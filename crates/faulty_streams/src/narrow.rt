//! A writer that takes few bytes at once, and fails at a place.
ghost use Rattle.std.specs.Prelude.{◌≡◌, ◌≢◌, ◌-◌, ◌<◌, [], Ok, Some, IfOk, IsErr, IsOk, length, min};
ghost use Rattle.std.specs.Io.{WritesAtMost};
ghost use Rattle.std.specs.Io.KnownBytes.{Keeps, WriteAppends};

use acdm_lines::ReplyWriter;
use std::alloc::Global;
use std::io::{self, ErrorKind, Write};

/// What becomes of a writer that has no write left.
#[derive(Clone, Copy)]
pub enum Fault {
    /// Each further write fails.
    Fails,
    /// Each further write takes nothing.
    TakesNone,
    /// Writes go on, and each further flush fails.
    CannotFlush,
}

/// Takes a few bytes a write, until no write is left. Each flush succeeds before that.
#[derive(Drop)]
pub struct Narrow {
    /// All that it took.
    pub taken: Vec<u8>,
    /// How many bytes a write takes at most.
    pub piece: usize,
    /// How many writes are left.
    pub left: u64,
    /// What becomes of it then.
    pub fault: Fault,
}

impl Narrow {
    /// A writer that has taken nothing.
    pub fn new(alloc: Global, piece: usize, left: u64, fault: Fault) -> Narrow
        ensures taken { result.taken.items ≡ [] }
        ensures piece { result.piece ≡ piece }
        ensures left { result.left ≡ left }
        ensures fault { result.fault ≡ fault }
    {
        Narrow {
            taken: Vec::new(alloc),
            piece,
            left,
            fault,
        }
    }
}

impl Write for Narrow {
    ghost contents = { λ s. Some s.taken.items };

    // `BrokenPipe` once no write is left, where it `Fails`, and `OutOfMemory` where memory for the
    // bytes was refused.
    fn write(&mut self, buf: &[u8]) -> io::Result<usize>
        ensures bound { WritesAtMost result buf.now }
        ensures bytes { WriteAppends (Some self.old.taken.items) (Some self.new.taken.items) result
            buf.now }
        ensures takes { 0 < self.old.left → IfOk result (λ n. n ≡ min (length buf.now)
            self.old.piece) }
        ensures fails { self.old.left ≡ 0 → self.old.fault ≡ Fault.Fails → IsErr result }
        ensures takes_none { self.old.left ≡ 0 → self.old.fault ≡ Fault.TakesNone → result ≡ Ok 0 }
        ensures left { self.new.left ≡ self.old.left - 1 }
        ensures piece { self.new.piece ≡ self.old.piece }
        ensures fault { self.new.fault ≡ self.old.fault }
    {
        match (self.left.checked_sub(1), self.fault) {
            (Some(left), _) => self.left = left,
            (None, Fault::Fails) => return Err(io::Error::from(ErrorKind::BrokenPipe)),
            (None, Fault::TakesNone) => return Ok(0),
            (None, Fault::CannotFlush) => {}
        }
        let count = buf.len().min(self.piece);
        self.taken.extend_from_slice(&buf[..count])?;
        Ok(count)
    }

    // `BrokenPipe` where no write is left and it `CannotFlush`.
    fn flush(&mut self) -> io::Result<()>
        ensures bytes { Keeps (Some self.old.taken.items) (Some self.new.taken.items) }
        ensures same { self.new ≡ self.old }
        ensures fails { self.old.left ≡ 0 → self.old.fault ≡ Fault.CannotFlush → IsErr result }
        ensures early { 0 < self.old.left → IsOk result }
        ensures flushed { self.old.fault ≢ Fault.CannotFlush → IsOk result }
    {
        match (self.left, self.fault) {
            (0, Fault::CannotFlush) => Err(io::Error::from(ErrorKind::BrokenPipe)),
            _ => Ok(()),
        }
    }
}

/// It holds nothing back.
impl ReplyWriter for Narrow {
    ghost tells = { λ _ _. Unit {0} };

    fn announce(&mut self, _number: u64) {}
}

* [Instructions to follow] The reply should hold only the lines of the listing above starting at the line containing "pub fn new(alloc: Global, piece: usize, left: u64, fault: Fault)" and ending at the line containing "(None, Fault::TakesNone) =>", exactly as written.

* [Solution to the exercise]
    pub fn new(alloc: Global, piece: usize, left: u64, fault: Fault) -> Narrow
        ensures taken { result.taken.items ≡ [] }
        ensures piece { result.piece ≡ piece }
        ensures left { result.left ≡ left }
        ensures fault { result.fault ≡ fault }
    {
        Narrow {
            taken: Vec::new(alloc),
            piece,
            left,
            fault,
        }
    }
}

impl Write for Narrow {
    ghost contents = { λ s. Some s.taken.items };

    // `BrokenPipe` once no write is left, where it `Fails`, and `OutOfMemory` where memory for the
    // bytes was refused.
    fn write(&mut self, buf: &[u8]) -> io::Result<usize>
        ensures bound { WritesAtMost result buf.now }
        ensures bytes { WriteAppends (Some self.old.taken.items) (Some self.new.taken.items) result
            buf.now }
        ensures takes { 0 < self.old.left → IfOk result (λ n. n ≡ min (length buf.now)
            self.old.piece) }
        ensures fails { self.old.left ≡ 0 → self.old.fault ≡ Fault.Fails → IsErr result }
        ensures takes_none { self.old.left ≡ 0 → self.old.fault ≡ Fault.TakesNone → result ≡ Ok 0 }
        ensures left { self.new.left ≡ self.old.left - 1 }
        ensures piece { self.new.piece ≡ self.old.piece }
        ensures fault { self.new.fault ≡ self.old.fault }
    {
        match (self.left.checked_sub(1), self.fault) {
            (Some(left), _) => self.left = left,
            (None, Fault::Fails) => return Err(io::Error::from(ErrorKind::BrokenPipe)),
            (None, Fault::TakesNone) => return Ok(0),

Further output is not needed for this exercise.